The minimum size of clusters; single linkage splits that contain
fewer points than this will be considered points "falling out" of a
cluster rather than a cluster splitting into two new clusters.
min_samples : int, optional (default=None)
The number of samples in a neighborhood for a point to be considered as a core point.
This includes the point itself. When None, defaults to min_cluster_size.
metric : string, or callable, optional (default='euclidean')
The metric to use when calculating distance between instances in a
feature array. If metric is a string or callable, it must be one of
the options allowed by metrics.pairwise.pairwise_distances for its
metric parameter.
If metric is "precomputed", X is assumed to be a distance matrix and
must be square.
p : int, optional (default=None)
p value to use if using the minkowski metric.
alpha : float, optional (default=1.0)
A distance scaling parameter as used in robust single linkage.
See [3]_ for more information.
cluster_selection_epsilon: float, optional (default=0.0)
A distance threshold. Clusters below this value will be merged.
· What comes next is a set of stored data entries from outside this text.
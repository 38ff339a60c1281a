// The call for C on a record's bytes. It stands apart from the calls on lent tables, so that in the compiled code of each the engine's update has one place of call: the compiler then makes one function of it all. include/radvoinis.h declares it.
#![tactic(auto)]

ghost use Rattle.std.specs.Prelude.{◌≡◌};
ghost use Rattle.query.specs.Answering.{answer_of};

use reader::RECORD_LIMIT;
use tables::{LentTables, MAX_STATES, MAX_VISITED};

// The C interface: "A refusal answers 16 plus its number".
const REFUSED: u8 = 16;

// The status of a state after a record, 0 to 4, or 16 plus the number of the first refused line. "A state of 2,048 or more counts as refusal 5 and is tested first."
#[tactic(auto, using(query::proofs::Asking::answer_opened), unfolding(tables::specs::Tables::visited_length))]
#[unsafe(no_mangle)]
pub extern "C" fn radvoinis_status(bytes: &[u8], state: u32) -> u8
    ensures { result ≡ answer_of bytes.now state }
{
    // The arrays are this function's own: the C interface hands over a record and a state, and no tables.
    let mut tables = LentTables {
        status: &mut [0; MAX_STATES],
        marks: &mut [0; MAX_STATES],
        from: &mut [0; RECORD_LIMIT],
        to: &mut [0; RECORD_LIMIT],
        key: &mut [0; RECORD_LIMIT],
        successor: &mut [0; MAX_STATES],
        news: &mut [0; MAX_STATES],
        in_head: &mut [0; MAX_STATES],
        out_head: &mut [0; MAX_STATES],
        queue: &mut [0; MAX_STATES],
        visited: &mut [0; MAX_VISITED],
        in_next: &mut [0; RECORD_LIMIT],
        out_next: &mut [0; RECORD_LIMIT],
    };
    // A cast: std has no `From<u32>` for `usize`.
    match query::status_after(bytes, state as usize, &mut tables) {
        Ok(status) => status,
        Err(refusal) => REFUSED + u8::from(refusal),
    }
}
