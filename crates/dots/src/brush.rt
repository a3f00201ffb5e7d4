// What a run of dots is drawn with. All that a colour needs is made before, and once for many runs.
ghost use Rattle.std.specs.Prelude.{◌≡◌, ◌+◌, ◌*◌, ◌≤◌, length};
ghost use Rattle.colour.specs.declared.RGBA.{RGBA};
ghost use Rattle.dots.specs.Dots.{change, within};

pub trait Brush {
    // what it makes of a dot
    ghost dot: { Self → RGBA → RGBA };

    fn draw_dots(&self, buf: &mut [u8], at: usize, count: usize)
        requires { (at + count) * 4 ≤ length buf.old }
        ensures { buf.new ≡ change (within at (at + count)) (λ _ s. dot self.now s) buf.old };
}
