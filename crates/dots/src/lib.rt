// Dots of a lent byte buffer: dot i is the four bytes r, g, b, a from 4·i. Inner steps, each over
// the whole buffer and dots that its caller knows to lie in it.
#![tactic(auto)]

mod brush;
mod dot;
mod draw;
mod fill;
mod mix;
mod multiply;

pub use brush::Brush;
pub use dot::{get_dot, load_dot, set_dot, store_dot};
pub use draw::{Pen, TABLE_DOTS, covers, draw_run, needs_tables};
pub use fill::{Fill, fill_run};
pub use mix::{Mix, mix_byte, mix_factors, mix_terms};
pub use multiply::{Tables, multiply_table, scale_byte};
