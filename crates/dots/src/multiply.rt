// A colour multiplied over dots by whole numbers: for all bytes the six f32 operations give the
// whole number nearest s * c * a / 65025, which colour proves. Below full alpha a long run of dots
// goes by tables of the 256 answers for each channel, since a lookup is sooner done than a division.
ghost use Rattle.std.specs.Prelude.{◌≡◌, ◌+◌, ◌*◌, ◌≤◌, ◌<◌, length};
ghost use Rattle.colour.specs.Channel.{nearest, multiply_byte};
ghost use Rattle.colour.specs.Colour.{multiplied};
ghost use Rattle.dots.specs.Dots.{change, within};
ghost use Rattle.dots.specs.Tables.{multiply_table};

use super::brush::Brush;
use super::dot::{get_dot, set_dot};
use colour::RGBA;

// The whole number nearest s * f / 65025.
pub fn scale_byte(s: u8, f: u32) -> u8
    requires { f ≤ 65025 }
    ensures { result ≡ nearest (s * f) 65025 }
{
    (((s as u32) * f + 32512) / 65025) as u8
}

fn multiply_byte(s: u8, c: u8, a: u8) -> u8
    ensures { result ≡ multiply_byte s c a }
{
    scale_byte(s, (c as u32) * (a as u32))
}

pub fn multiply_dot(s: RGBA, c: RGBA) -> RGBA
    requires { 0 < c.a }
    ensures { result ≡ multiplied c s }
{
    RGBA {
        r: multiply_byte(s.r, c.r, c.a),
        g: multiply_byte(s.g, c.g, c.a),
        b: multiply_byte(s.b, c.b, c.a),
        a: s.a,
    }
}

pub fn multiply_table(c: u8, a: u8) -> [u8; 256]
    ensures { result ≡ multiply_table c a }
{
    let f = (c as u32) * (a as u32);
    let mut t = [0u8; 256];
    for s in 0..256 {
        t[s] = scale_byte(s as u8, f);
    }
    t
}

// A colour with the tables of its channels.
#[derive(Drop)]
pub struct Tables {
    pub color: RGBA,
    pub r: [u8; 256],
    pub g: [u8; 256],
    pub b: [u8; 256],
    ghost some: { 0 < color.a },
    ghost made: { (r ≡ multiply_table color.r color.a) × (g ≡ multiply_table color.g color.a) × (b ≡ multiply_table color.b color.a) },
}

impl Tables {
    pub fn of(color: RGBA) -> Tables
        requires { 0 < color.a }
        ensures { result.color ≡ color }
    {
        Tables {
            color,
            r: multiply_table(color.r, color.a),
            g: multiply_table(color.g, color.a),
            b: multiply_table(color.b, color.a),
        }
    }

    fn look_up(&self, s: RGBA) -> RGBA
        ensures { result ≡ multiplied self.now.color s }
    {
        RGBA {
            r: self.r[s.r as usize],
            g: self.g[s.g as usize],
            b: self.b[s.b as usize],
            a: s.a,
        }
    }
}

impl Brush for Tables {
    ghost dot = { λ t s. multiplied t.color s };

    fn draw_dots(&self, buf: &mut [u8], at: usize, count: usize) {
        for i in at..at + count {
            let s = get_dot(buf, i);
            set_dot(buf, i, self.look_up(s));
        }
    }
}
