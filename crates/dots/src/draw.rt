// A run of dots under a colour, blending or multiplying.
ghost use Rattle.std.specs.Prelude.{◌≡◌, true, ◌+◌, ◌*◌, ◌≤◌, ◌<◌, length};
ghost use Rattle.dots.specs.Dots.{change, within, drawn};
ghost use Rattle.dots.specs.Tables.{needs_tables, covers};

use super::brush::Brush;
use super::dot::{get_dot, set_dot};
use super::fill::fill_run;
use super::mix::{Mix, mix_factors, mix_terms};
use super::multiply::{Tables, multiply_dot};
use colour::RGBA;

fn draw_dot(s: RGBA, multiply: bool, c: RGBA) -> RGBA
    requires { 0 < c.a }
    ensures { result ≡ drawn multiply c s }
{
    if multiply {
        return multiply_dot(s, c);
    }
    s.blend_foreground(c)
}

// Draws dot by dot, with nothing made beforehand.
#[derive(Drop)]
pub struct Pen {
    pub color: RGBA,
    pub multiply: bool,
    ghost some: { 0 < color.a },
}

impl Brush for Pen {
    ghost dot = { λ p s. drawn p.multiply p.color s };

    fn draw_dots(&self, buf: &mut [u8], at: usize, count: usize) {
        // Taken before the loop: behind `self` both would be read again for each dot.
        let color = self.color;
        let multiply = self.multiply;
        for i in at..at + count {
            let s = get_dot(buf, i);
            let d = draw_dot(s, multiply, color);
            set_dot(buf, i, d);
        }
    }
}

// From this many dots on, making the tables of a colour and going by them is sooner done than the
// dots one by one.
pub const TABLE_DOTS: usize = 128;

// The same for the arrays of 16-bit numbers.
const LANE_DOTS: usize = 8;

// Multiplying below full alpha outgrows 16-bit numbers. It goes by tables, where there are many dots.
pub fn needs_tables(c: RGBA, multiply: bool) -> bool
    ensures { result ≡ needs_tables multiply c }
{
    multiply && c.a != RGBA::OPAQUE
}

// An opaque colour that is blended covers what was there.
pub fn covers(c: RGBA, multiply: bool) -> bool
    ensures { result ≡ covers multiply c }
{
    !multiply && c.a == RGBA::OPAQUE
}

fn multiply_some(buf: &mut [u8], at: usize, count: usize, c: RGBA)
    requires { ((at + count) * 4 ≤ length buf.old) × (0 < c.a) }
    ensures { buf.new ≡ change (within at (at + count)) (λ _ s. drawn true c s) buf.old }
{
    if count < TABLE_DOTS {
        let pen = Pen {
            color: c,
            multiply: true,
        };
        pen.draw_dots(buf, at, count);
        return;
    }
    Tables::of(c).draw_dots(buf, at, count);
}

pub fn draw_run(buf: &mut [u8], at: usize, count: usize, multiply: bool, c: RGBA)
    requires { (at + count) * 4 ≤ length buf.old }
    ensures { buf.new ≡ change (within at (at + count)) (λ _ s. drawn multiply c s) buf.old }
{
    if c.a == RGBA::TRANSPARENT {
        return;
    }
    if needs_tables(c, multiply) {
        multiply_some(buf, at, count, c);
        return;
    }
    if covers(c, multiply) {
        fill_run(buf, at, count, c);
        return;
    }
    if count < LANE_DOTS {
        Pen { color: c, multiply }.draw_dots(buf, at, count);
        return;
    }
    let factor = mix_factors(c, multiply);
    let term = mix_terms(c, multiply);
    Mix::of(c, multiply, &factor, &term).draw_dots(buf, at, count);
}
This is the minimum epsilon allowed.
See [5]_ for more information.
algorithm : string, optional (default='best')
Exactly which algorithm to use; hdbscan has variants specialised
for different characteristics of the data. By default this is set
to ``best`` which chooses the "best" algorithm given the nature of
the data. You can force other options if you believe you know
better. Options are:
* ``best``
* ``generic``
* ``prims_kdtree``
* ``prims_balltree``
* ``boruvka_kdtree``
* ``boruvka_balltree``
leaf_size: int, optional (default=40)
If using a space tree algorithm (kdtree, or balltree) the number
of points ina leaf node of the tree. This does not alter the
resulting clustering, but may have an effect on the runtime
of the algorithm.
memory : Instance of joblib.Memory or string (optional)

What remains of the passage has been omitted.